● **Action item**
With no addition or omission, return the entries below.
Supplied information section start
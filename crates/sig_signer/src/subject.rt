//! `CertificateSubject`: the subject that a certificate names.
ghost use Rattle.std.specs.Prelude.{◌≡◌, ◌↔◌, IsTrue, Ok, Err, IfOk, option_map};
ghost use Rattle.std.specs.Option.{ok_or};
ghost use Rattle.sig_base.specs.Answers.{Answers, ComesWhere};
ghost use Rattle.sig_base.specs.declared.error.SigstoreError.TheVariants.{OutOfMemory as Memory};
ghost use Rattle.sig_base.specs.declared.error.SigstoreError.TheVariants.{CertificateParsingError};
ghost use Rattle.sig_base.specs.declared.error.SigstoreError.TheVariants.{CertificateWithIncompleteSubjectAlternativeName};
ghost use Rattle.sig_certificate.specs.BorrowedNames.{borrowed_name, names_left};
ghost use Rattle.sig_policy.specs.Texts.{utf8_text};
ghost use Rattle.sig_signer.specs.Subject.{first_subject, subject_answer, subject_in};
ghost use Rattle.sig_signer.specs.NamedSubject.{HasSubject, HasNoNames, NamesNobody};
ghost use Rattle.sig_signer.specs.declared.subject.CertificateSubject.{CertificateSubject as subject_type};

use crate::claims::utf8_text;
use sig_base::{OutOfMemory, Result, SigstoreError, Text};
use sig_certificate::{AlternativeNames, Certificate, GeneralName, Lookup, alternative_names};
use sig_der::oid;
use std::alloc::Global;

/// Whom a certificate names.
#[derive(Drop, PartialEq, Eq)]
pub enum CertificateSubject {
    /// An email address.
    Email(Text),
    /// A URI, such as that of a workflow.
    Uri(Text),
}

impl CertificateSubject {
    /// Returns the first email or URI of the certificate's subject alternative name (RFC 5280 section 4.2.1.6). Errors:
    ///
    /// - `CertificateParsingError` if and only if there is not exactly one such extension, or it is malformed;
    /// - `CertificateWithIncompleteSubjectAlternativeName` if and only if there is, and it has neither an email nor a
    ///   URI;
    /// - `OutOfMemory`.
    pub fn from_certificate(alloc: Global, certificate: &Certificate) -> Result<CertificateSubject>
        // It is the first email or URI.
        ensures found { (subject : subject_type) → ComesWhere Memory result (Ok subject)
            (HasSubject certificate.now subject) }
        // There is not one well-formed extension.
        ensures malformed { ComesWhere Memory result (Err CertificateParsingError) (HasNoNames certificate.now) }
        // There is one, and none of its names is an email or a URI.
        ensures incomplete { ComesWhere Memory result (Err CertificateWithIncompleteSubjectAlternativeName)
            (NamesNobody certificate.now) }
        // The same in one equation.
        ensures answer { Answers Memory (λ subject. subject) result (subject_answer certificate.now) }
    {
        subject_of(alloc, certificate)
    }
}

/// The same in one equation.
fn subject_of(alloc: Global, certificate: &Certificate) -> Result<CertificateSubject>
    ensures { Answers Memory (λ subject. subject) result (subject_answer certificate.now) }
{
    match certificate.extension(oid::SUBJECT_ALTERNATIVE_NAME) {
        Lookup::One(extension) => match alternative_names(extension.value) {
            Some(names) => first_subject(alloc, names),
            None => Err(SigstoreError::CertificateParsingError),
        },
        _ => Err(SigstoreError::CertificateParsingError),
    }
}

/// The first email or URI of the names.
fn first_subject(alloc: Global, names: AlternativeNames<'_>) -> Result<CertificateSubject>
    ensures { Answers Memory (λ subject. subject) result
        (ok_or (first_subject (names_left names.entry)) CertificateWithIncompleteSubjectAlternativeName) }
{
    'names: for name in names {
        let found = subject_in(alloc, name)?;
        if let Some(subject) = found {
            return Ok(subject);
        }
    }
    Err(SigstoreError::CertificateWithIncompleteSubjectAlternativeName)
}

/// The subject that a name is. Fails only if out of memory.
fn subject_in(
    alloc: Global,
    name: GeneralName<'_>,
) -> std::result::Result<Option<CertificateSubject>, OutOfMemory>
    ensures { IfOk result (λ found. found ≡ subject_in (borrowed_name name.entry)) }
{
    match name {
        GeneralName::Email(bytes) => match utf8_text(bytes) {
            Some(text) => Ok(Some(CertificateSubject::Email(Text::copy_of(alloc, text)?))),
            None => Ok(None),
        },
        GeneralName::Uri(bytes) => match utf8_text(bytes) {
            Some(text) => Ok(Some(CertificateSubject::Uri(Text::copy_of(alloc, text)?))),
            None => Ok(None),
        },
        GeneralName::Other(_, _) | GeneralName::Unread => Ok(None),
    }
}
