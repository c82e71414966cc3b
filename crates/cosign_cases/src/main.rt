//! Cases of what `cosign` stores beside a container image. `stdin` lists calls, and `stdout` what they return.
//!
//! Their origin: `tools/cosign_cases.py`, a program in another language that reads payloads and what Rekor promised by
//! the tables of their formats alone.
#![tactic(auto)]

mod bundles;
mod keys;
mod layers;
mod manifests;
mod promises;
mod signers;
mod signings;
mod trusted;

use sig_cases::{Answer, Arguments, Cases, run};

struct CosignCases;

impl Cases for CosignCases {
    fn answer(call: &str, arguments: &mut Arguments<'_>, answer: &mut Answer) {
        match call {
            "signing" => signings::read(arguments, answer),
            "shown_signing" => signings::shown(arguments, answer),
            "new_signing" => signings::made(arguments, answer),
            "manifest" => signings::manifest(arguments, answer),
            "annotations" => signings::annotations(arguments, answer),
            "promise" => promises::promise(arguments, answer),
            "artifact" => promises::artifact(arguments, answer),
            "equal" => promises::equal(arguments, answer),
            "subject" => signers::subject(arguments, answer),
            "signer" => signers::signer(arguments, answer),
            "unsigned" => layers::unsigned(arguments, answer),
            "signed" => layers::signed(arguments, answer),
            "layer" => layers::layer(arguments, answer),
            "shown_layer" => layers::shown_layer(arguments, answer),
            "build" => manifests::build(arguments, answer),
            "bundle" => bundles::bundle(arguments, answer),
            "shown_bundle" => bundles::shown_bundle(arguments, answer),
            _ => arguments.refuse(),
        }
    }
}

fn main(rt: HostRuntime) -> anyhow::Result<()> {
    run::<CosignCases>(&rt)
}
Supplied information section end
● **Answer section**
filename crates/sig_signer/src/subject.rt
//! `CertificateSubject`: the subject that a certificate names.
ghost use Rattle.std.specs.Prelude.{◌≡◌, ◌↔◌, IsTrue, Ok, Err, IfOk, option_map};
ghost use Rattle.std.specs.Option.{ok_or};
ghost use Rattle.sig_base.specs.Answers.{Answers, ComesWhere};
ghost use Rattle.sig_base.specs.declared.error.SigstoreError.TheVariants.{OutOfMemory as Memory};
ghost use Rattle.sig_base.specs.declared.error.SigstoreError.TheVariants.{CertificateParsingError};
ghost use Rattle.sig_base.specs.declared.error.SigstoreError.TheVariants.{CertificateWithIncompleteSubjectAlternativeName};
ghost use Rattle.sig_certificate.specs.BorrowedNames.{borrowed_name, names_left};
ghost use Rattle.sig_policy.specs.Texts.{utf8_text};
ghost use Rattle.sig_signer.specs.Subject.{first_subject, subject_answer, subject_in};
ghost use Rattle.sig_signer.specs.NamedSubject.{HasSubject, HasNoNames, NamesNobody};
ghost use Rattle.sig_signer.specs.declared.subject.CertificateSubject.{CertificateSubject as subject_type};

use crate::claims::utf8_text;
use sig_base::{OutOfMemory, Result, SigstoreError, Text};
use sig_certificate::{AlternativeNames, Certificate, GeneralName, Lookup, alternative_names};
use sig_der::oid;
use std::alloc::Global;

/// Whom a certificate names.
#[derive(Drop, PartialEq, Eq)]
pub enum CertificateSubject {
    /// An email address.
    Email(Text),
    /// A URI, such as that of a workflow.
    Uri(Text),
}

impl CertificateSubject {
    /// Returns the first email or URI of the certificate's subject alternative name (RFC 5280 section 4.2.1.6). Errors:
    ///
    /// - `CertificateParsingError` if and only if there is not exactly one such extension, or it is malformed;
    /// - `CertificateWithIncompleteSubjectAlternativeName` if and only if there is, and it has neither an email nor a
    ///   URI;
    /// - `OutOfMemory`.
    pub fn from_certificate(alloc: Global, certificate: &Certificate) -> Result<CertificateSubject>
        // It is the first email or URI.
        ensures found { (subject : subject_type) → ComesWhere Memory result (Ok subject)
            (HasSubject certificate.now subject) }
        // There is not one well-formed extension.
        ensures malformed { ComesWhere Memory result (Err CertificateParsingError) (HasNoNames certificate.now) }
        // There is one, and none of its names is an email or a URI.
        ensures incomplete { ComesWhere Memory result (Err CertificateWithIncompleteSubjectAlternativeName)
            (NamesNobody certificate.now) }
        // The same in one equation.
        ensures answer { Answers Memory (λ subject. subject) result (subject_answer certificate.now) }
    {
        subject_of(alloc, certificate)
    }
}

/// The same in one equation.
fn subject_of(alloc: Global, certificate: &Certificate) -> Result<CertificateSubject>
    ensures { Answers Memory (λ subject. subject) result (subject_answer certificate.now) }
{
    match certificate.extension(oid::SUBJECT_ALTERNATIVE_NAME) {
        Lookup::One(extension) => match alternative_names(extension.value) {
            Some(names) => first_subject(alloc, names),
            None => Err(SigstoreError::CertificateParsingError),
        },
        _ => Err(SigstoreError::CertificateParsingError),
    }
}

/// The first email or URI of the names.
fn first_subject(alloc: Global, names: AlternativeNames<'_>) -> Result<CertificateSubject>
    ensures { Answers Memory (λ subject. subject) result
        (ok_or (first_subject (names_left names.entry)) CertificateWithIncompleteSubjectAlternativeName) }
{
    'names: for name in names {
        let found = subject_in(alloc, name)?;
        if let Some(subject) = found {
            return Ok(subject);
        }
    }
    Err(SigstoreError::CertificateWithIncompleteSubjectAlternativeName)
}

/// The subject that a name is. Fails only if out of memory.
fn subject_in(
    alloc: Global,
    name: GeneralName<'_>,
) -> std::result::Result<Option<CertificateSubject>, OutOfMemory>
    ensures { IfOk result (λ found. found ≡ subject_in (borrowed_name name.entry)) }
{
    match name {
        GeneralName::Email(bytes) => match utf8_text(bytes) {
            Some(text) => Ok(Some(CertificateSubject::Email(Text::copy_of(alloc, text)?))),
            None => Ok(None),
        },
        GeneralName::Uri(bytes) => match utf8_text(bytes) {
            Some(text) => Ok(Some(CertificateSubject::Uri(Text::copy_of(alloc, text)?))),
            None => Ok(None),
        },
        GeneralName::Other(_, _) | GeneralName::Unread => Ok(None),
    }
}
repository c82e71414966cc3b
filename crates/cosign_cases/src/main.rt
//! Cases of what `cosign` stores beside a container image. `stdin` lists calls, and `stdout` what they return.
//!
//! Their origin: `tools/cosign_cases.py`, a program in another language that reads payloads and what Rekor promised by
//! the tables of their formats alone.
#![tactic(auto)]

mod bundles;
mod keys;
mod layers;
mod manifests;
mod promises;
mod signers;
mod signings;
mod trusted;

use sig_cases::{Answer, Arguments, Cases, run};

struct CosignCases;

impl Cases for CosignCases {
    fn answer(call: &str, arguments: &mut Arguments<'_>, answer: &mut Answer) {
        match call {
            "signing" => signings::read(arguments, answer),
            "shown_signing" => signings::shown(arguments, answer),
            "new_signing" => signings::made(arguments, answer),
            "manifest" => signings::manifest(arguments, answer),
            "annotations" => signings::annotations(arguments, answer),
            "promise" => promises::promise(arguments, answer),
            "artifact" => promises::artifact(arguments, answer),
            "equal" => promises::equal(arguments, answer),
            "subject" => signers::subject(arguments, answer),
            "signer" => signers::signer(arguments, answer),
            "unsigned" => layers::unsigned(arguments, answer),
            "signed" => layers::signed(arguments, answer),
            "layer" => layers::layer(arguments, answer),
            "shown_layer" => layers::shown_layer(arguments, answer),
            "build" => manifests::build(arguments, answer),
            "bundle" => bundles::bundle(arguments, answer),
            "shown_bundle" => bundles::shown_bundle(arguments, answer),
            _ => arguments.refuse(),
        }
    }
}

fn main(rt: HostRuntime) -> anyhow::Result<()> {
    run::<CosignCases>(&rt)
}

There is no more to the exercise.